One week waiting for an assessment or a piece of equipment is like a year in most people’s lives, because they are an everyday essential to help us live as normal a life as possible and die with dignity
– Liam Dwyer, who is living with MND
People with MND have the right to maximise their quality of life.
This means timely and appropriate access to:
- home adaptations
- wheelchairs and suitable housing
- support and benefits.
A person with MND can access a number of services and care support within their local authority.
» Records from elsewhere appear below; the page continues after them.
// Imports, exports, globals and segments (WebAssembly 1.0, sections 5.5.5 to 5.5.14).
ghost use Rattle.std.specs.Prelude.{◌≡◌};
ghost use Rattle.wasm_types.specs.Modules.{import_of, export, global_def, elem, segment};
ghost use Rattle.wasm_decode.specs.inside.Decoding.{DecodesTo};
ghost use Rattle.wasm_decode.specs.Entries.{imported_at, import_desc_at, import_at, exported_of, export_desc_at, export_at, global_def_at, elem_at, segment_at};

use crate::error::DecodeError;
use crate::instructions::expression;
use crate::numbers::{byte, number};
use crate::types::{global_type, limits, table};
use crate::vectors::{Entry, IndexEntry, byte_vector, utf8_name, vector};
use fri_bytes::Cursor;
use std::alloc::Global;
use wasm_types::{Elem, Export, ExportDesc, GlobalDef, Import, ImportDesc, Segment};

#[tactic(auto, unfolding(crate::specs::Entries::import_desc_at, crate::specs::Entries::imported_at))]
fn import_desc(cursor: &mut Cursor) -> Result<ImportDesc, DecodeError>
    ensures { DecodesTo (λ desc. desc) result cursor.new (import_desc_at cursor.old.left) }
{
    match byte(cursor)? {
        0x00 => Ok(ImportDesc::Func(number(cursor)?)),
        0x01 => Ok(ImportDesc::Table(table(cursor)?)),
        0x02 => Ok(ImportDesc::Memory(limits(cursor)?)),
        0x03 => {
            let (value_type, mutable) = global_type(cursor)?;
            Ok(ImportDesc::Global(value_type, mutable))
        }
        _ => Err(DecodeError::Malformed),
    }
}

#[tactic(auto, unfolding(crate::specs::Entries::import_at))]
fn import(alloc: Global, cursor: &mut Cursor) -> Result<Import, DecodeError>
    ensures { DecodesTo import_of result cursor.new (import_at cursor.old.left) }
{
    let module = Vec::from_slice(alloc, utf8_name(cursor)?)?;
    let name = Vec::from_slice(alloc, utf8_name(cursor)?)?;
    let desc = import_desc(cursor)?;
    Ok(Import { module, name, desc })
}

#[tactic(auto, unfolding(crate::specs::Entries::export_desc_at, crate::specs::Entries::exported_of))]
fn export_desc(cursor: &mut Cursor) -> Result<ExportDesc, DecodeError>
    ensures { DecodesTo (λ desc. desc) result cursor.new (export_desc_at cursor.old.left) }
{
    let byte = byte(cursor)?;
    let index = number(cursor)?;
    match byte {
        0x00 => Ok(ExportDesc::Func(index)),
        0x01 => Ok(ExportDesc::Table(index)),
        0x02 => Ok(ExportDesc::Memory(index)),
        0x03 => Ok(ExportDesc::Global(index)),
        _ => Err(DecodeError::Malformed),
    }
}

#[tactic(auto, unfolding(crate::specs::Entries::export_at))]
fn export(alloc: Global, cursor: &mut Cursor) -> Result<Export, DecodeError>
    ensures { DecodesTo export result cursor.new (export_at cursor.old.left) }
{
    let name = Vec::from_slice(alloc, utf8_name(cursor)?)?;
    let desc = export_desc(cursor)?;
    Ok(Export { name, desc })
}

#[tactic(auto, unfolding(crate::specs::Entries::global_def_at))]
fn global_def(alloc: Global, cursor: &mut Cursor) -> Result<GlobalDef, DecodeError>
    ensures { DecodesTo global_def result cursor.new (global_def_at cursor.old.left) }
{
    let (value_type, mutable) = global_type(cursor)?;
    let init = expression(alloc, cursor)?;
    Ok(GlobalDef {
        kind: value_type,
        mutable,
        init,
    })
}

#[tactic(auto, unfolding(crate::specs::Entries::elem_at))]
fn elem(alloc: Global, cursor: &mut Cursor) -> Result<Elem, DecodeError>
    ensures { DecodesTo elem result cursor.new (elem_at cursor.old.left) }
{
    let table = number(cursor)?;
    let offset = expression(alloc, cursor)?;
    let funcs = vector::<IndexEntry>(alloc, cursor)?;
    Ok(Elem {
        table,
        offset,
        funcs,
    })
}

#[tactic(auto, unfolding(crate::specs::Entries::segment_at))]
fn segment(alloc: Global, cursor: &mut Cursor) -> Result<Segment, DecodeError>
    ensures { DecodesTo segment result cursor.new (segment_at cursor.old.left) }
{
    let memory = number(cursor)?;
    let offset = expression(alloc, cursor)?;
    let bytes = Vec::from_slice(alloc, byte_vector(cursor)?)?;
    Ok(Segment {
        memory,
        offset,
        bytes,
    })
}

// What vectors of these hold.

pub(crate) struct ImportEntry;

impl Entry for ImportEntry {
    ghost use Rattle.wasm_types.specs.Modules.{Import, import_of};
    ghost use Rattle.wasm_decode.specs.Entries.{import_at};

    type Value = Import;

    ghost Shown = { Import };

    ghost view = { import_of };

    ghost read_at = { import_at };

    fn read(alloc: Global, cursor: &mut Cursor) -> Result<Import, DecodeError> {
        import(alloc, cursor)
    }
}

pub(crate) struct ExportEntry;

impl Entry for ExportEntry {
    ghost use Rattle.wasm_types.specs.Modules.{Export, export};
    ghost use Rattle.wasm_decode.specs.Entries.{export_at};

    type Value = Export;

    ghost Shown = { Export };

    ghost view = { export };

    ghost read_at = { export_at };

    fn read(alloc: Global, cursor: &mut Cursor) -> Result<Export, DecodeError> {
        export(alloc, cursor)
    }
}

pub(crate) struct GlobalEntry;

impl Entry for GlobalEntry {
    ghost use Rattle.wasm_types.specs.Modules.{GlobalDef, global_def};
    ghost use Rattle.wasm_decode.specs.Entries.{global_def_at};

    type Value = GlobalDef;

    ghost Shown = { GlobalDef };

    ghost view = { global_def };

    ghost read_at = { global_def_at };

    fn read(alloc: Global, cursor: &mut Cursor) -> Result<GlobalDef, DecodeError> {
        global_def(alloc, cursor)
    }
}

pub(crate) struct ElemEntry;

impl Entry for ElemEntry {
    ghost use Rattle.wasm_types.specs.Modules.{Elem, elem};
    ghost use Rattle.wasm_decode.specs.Entries.{elem_at};

    type Value = Elem;

    ghost Shown = { Elem };

    ghost view = { elem };

    ghost read_at = { elem_at };

    fn read(alloc: Global, cursor: &mut Cursor) -> Result<Elem, DecodeError> {
        elem(alloc, cursor)
    }
}

pub(crate) struct SegmentEntry;

impl Entry for SegmentEntry {
    ghost use Rattle.wasm_types.specs.Modules.{Segment, segment};
    ghost use Rattle.wasm_decode.specs.Entries.{segment_at};

    type Value = Segment;

    ghost Shown = { Segment };

    ghost view = { segment };

    ghost read_at = { segment_at };

    fn read(alloc: Global, cursor: &mut Cursor) -> Result<Segment, DecodeError> {
        segment(alloc, cursor)
    }
}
This does vary in quality and what is available depending on their location. However, the person has a right to a needs assessment if they appear to require care or support to maintain daily life. Their wishes must be taken into consideration when exploring options to achieve day-to-day goals. Carers should also be offered an assessment by the local authority.
Initially an assessment of their needs will be undertaken and is usually conducted by an appropriately qualified person eg. a social worker. This assessment will highlight any services they can receive and produce an agreed care and support plan. This may include care in the home, or referral to other local support services such as: relevant health professionals, relevant social care professionals, care services and agencies, community palliative care, day therapy units (often linked to hospices) counselling, respite services, financial and benefits advice, useful local or national charities.
Being diagnosed with a debilitating disease is scary enough without having to worry about the financial impact. As MND progresses, people will need to make adjustments to their life and their home, with often costly effects.
Be sure to talk to the person and their loved ones about their options. Explain that there is help available and that they could visit the MND Association for more details. Benefits and entitlement information is also available.